Local police confirmed that 30-year-old Mohammad Kurbaan was killed after being hit in the head with the falling brick in Central Delhi’s Nabi Karim area.

Kurbaan, who sold bags from a shop in the area, collapsed after being hit with the brick and was taken to hospital, where doctors pronounced his dead.

A First Information Report (FIR) was handed to an unknown individual by police under sections of causing death by negligence, the Indian Express reports.

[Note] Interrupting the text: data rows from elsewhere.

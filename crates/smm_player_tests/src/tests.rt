use crate::counting::{Counting, Full};
use smm_base::{MemSink, MemStore, NoMemory};
use smm_player::play;
use std::alloc::Global;
use std::test::Fail;

const PLATFORM: &str = "version = 1
processors = 1
map = \"intel64\"
policy = \"elected\"
mode = \"traditional\"
polls = [8, 8]
visits = 3
ops = 64

[[wave]]
status = [\"prompt\"]
manage = [\"root\"]
";

const TWO_PROCESSORS: &str = "version = 1
processors = 2
map = \"intel64\"
policy = \"elected\"
mode = \"traditional\"
polls = [8, 8]
visits = 3
ops = 64

[[wave]]
status = [\"prompt\", \"prompt\"]
manage = [\"root\"]
";

const REPORT: &str = "chip except put:0 0 excepted:0
chip source put:1 0 wave:1
chip pend0 raise:1 0 -
p0 pend0 take 1 enter
unfinished events 4 sessions 0 unserved 1
";

// The file of one image, whose bytes are 0.
fn images(alloc: Global) -> Result<Vec<u8>, NoMemory> {
    let mut bytes = Vec::from_slice(alloc, b"SMIM\x01\x00\x01\x00\x01\x00\x00\x00")?;
    bytes.resize(1036, 0)?;
    Ok(bytes)
}

// The file of two images, whose bytes are 0 and 7.
fn two_images(alloc: Global) -> Result<Vec<u8>, NoMemory> {
    let mut bytes = Vec::from_slice(alloc, b"SMIM\x01\x00\x01\x00\x02\x00\x00\x00")?;
    bytes.resize(1036, 0)?;
    bytes.resize(2060, 7)?;
    Ok(bytes)
}

// A store with platforms, images and schedules for one processor, and for two.
fn store(alloc: Global) -> Result<MemStore, NoMemory> {
    let mut store = MemStore::new(alloc)?;
    store.put("P", PLATFORM.as_bytes())?;
    store.put("I", &images(alloc)?)?;
    store.put("S", b"1*3 0")?;
    store.put("Q", TWO_PROCESSORS.as_bytes())?;
    store.put("J", &two_images(alloc)?)?;
    store.put("T", b"2*4 0 1")?;
    store.put("U", b"2 3")?;
    Ok(store)
}

// The words of a line.
fn words(alloc: Global, line: &str) -> Result<Vec<String>, NoMemory> {
    let mut words = Vec::new(alloc);
    for word in line.split(' ') {
        words.push(String::from_str(alloc, word)?)?;
    }
    Ok(words)
}

// What a command comes to: its status, what it told, and how often it loaded.
fn told(alloc: Global, line: &str) -> Result<String, NoMemory> {
    let mut store = Counting {
        store: store(alloc)?,
        loads: 0,
        strange: 0,
    };
    let mut sink = MemSink::new(alloc, 7, Vec::new(alloc))?;
    let status = play(alloc, &words(alloc, line)?, &mut store, &mut sink);
    let text = str::from_utf8(sink.bytes().as_slice()).unwrap_or("?");
    let loads = store.loads;
    let strange = store.strange;
    Ok(format!(in alloc; "{status} {loads} {strange} {text}")?)
}

// Words, and behind the bar the status, how many loads there were, how many of another file, and the line.
const COMMANDS: &str = "step P I|1 0 0 fault usage
step P I S -A|1 0 0 fault usage
step X X X A|6 1 0 fault read X
step P X S A|6 2 0 fault read X
step P I X A|6 3 0 fault read X
step S X X A|2 1 0 fault platform not-toml
step P S X A|3 2 0 fault images short 5
step P I P A|4 3 0 fault schedule token 0
step Q I T A|3 2 0 fault images count-differs 2 1
step P J S A|3 2 0 fault images count-differs 1 2
step Q J U A|4 3 0 fault schedule actor 2 3
step P I U A|4 3 0 fault schedule actor 0 2
make 1|1 0 0 fault usage
make 1 0|1 0 0 fault usage
make 1 65|1 0 0 fault usage
make 1 02|1 0 0 fault usage
make 01 2|1 0 0 fault usage
make +1 2|1 0 0 fault usage
make 4294967296 2|1 0 0 fault usage
sum -1 2|1 0 0 fault usage
sum 1 x|1 0 0 fault usage
sum 1 1|0 0 0 complete events 72 sessions 2 unserved 0";

#[test]
fn files_are_loaded_in_their_order_and_no_others(rt: HostRuntime) -> Result<(), Fail> {
    let alloc = rt.alloc();
    for line in COMMANDS.lines() {
        let Some((words, want)) = line.split_once('|') else {
            continue;
        };
        let told = told(alloc, words)?;
        assert_eq!(rt; told.trim_end(), want);
    }
    Ok(())
}

// What a step comes to where these calls of the store and of the sink fail.
fn failing(alloc: Global, load: u64, write: u64) -> Result<String, NoMemory> {
    let mut store = store(alloc)?;
    store.fail_at(vec![in alloc; load]?);
    let mut sink = MemSink::new(alloc, 4096, vec![in alloc; write]?)?;
    let status = play(alloc, &words(alloc, "step P I S A")?, &mut store, &mut sink);
    let text = str::from_utf8(sink.bytes().as_slice()).unwrap_or("?");
    let saved = store.file("A").is_some();
    Ok(format!(in alloc; "{status} {saved} {text}")?)
}

#[test]
fn faults_of_the_outside_end_a_command(rt: HostRuntime) -> Result<(), Fail> {
    let alloc = rt.alloc();
    for (load, write, want) in [
        (1, 9, "6 false fault read P\n"),
        (2, 9, "6 false fault read I\n"),
        (3, 9, "6 false fault read S\n"),
        (3, 1, "6 false "),
        (9, 1, "7 false "),
    ] {
        assert_eq!(rt; failing(alloc, load, write)?.as_str(), want);
    }
    let unsaved = failing(alloc, 4, 9)?;
    assert_eq!(rt; unsaved.strip_prefix("7 false "), Some(REPORT));
    Ok(())
}

#[test]
fn want_of_memory_ends_a_command(rt: HostRuntime) -> Result<(), Fail> {
    let alloc = rt.alloc();
    let mut store = store(alloc)?;
    let step = words(alloc, "step P I S A")?;
    assert_eq!(rt; play(alloc, &step, &mut store, &mut Full), 8);
    assert!(rt; store.file("A").is_none());
    let mut sink = MemSink::new(alloc, 4096, Vec::new(alloc))?;
    assert_eq!(rt; play(alloc, &step, &mut store, &mut sink), 0);
    assert_eq!(rt; sink.bytes().as_slice(), REPORT.as_bytes());
    Ok(())
}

While investigating, police discovered that the owner of the building the bricks were thrown from had left two bricks above a water tank to prevent monkeys from opening it.

Police said that a group of monkeys had managed to remove both of the bricks, throwing one at Kurbaan and hurling another onto a nearby terrace.

The incident, earlier this month, comes after the wife of a leader of a major political party in India has fallen to her death while trying to escape a monkey attack.

Sushma Devi, 50, was rushed to hospital but sadly died of her injuries.

She is the wife of Anil Kumar Chauhan, leader of the Bharatiya Janata Party (BJP).

The incident took place on September 9 when she was attacked by aggressive monkeys on the terrace of her house in Kairana city.

To avoid the attack she jumped down from the terrace.

Feral monkeys have been causing havoc in the Shamli district of Uttar Pradesh in northern India, with local authorities cracking down.

Municipal commissioner Anunaya Jha for the city of Mathura said: ‘Monkeys would be caught from Bankey Bihari temple area Vrindavan, Chaubia para, and Dwarkadhish temple area of Mathura in the first phase of the program and they would be released in the forest areas.’

Local residents claim there has been daily monkey attacks on children too.

Sushma was also a politician and was a district panchayat member, which is a district council in India.

She has been cremated at Mayapur farm.

In November 2019, two attacks claimed the lives of a 12-day-old baby and a 58-year-old woman in the city of Agra.

During the first attack, monkeys broke into a woman’s home while she was breastfeeding her child snatched the baby from her, and bit it to death.

In the second attack, a 58-year-old woman was bitten by monkeys as she went to relieve herself outside her home on the outskirts of the city and bled to death.

Monkeys have also inadvertently caused deaths – in January last year a woman hanging washing on her roof died after monkeys attacked and she slipped and fell.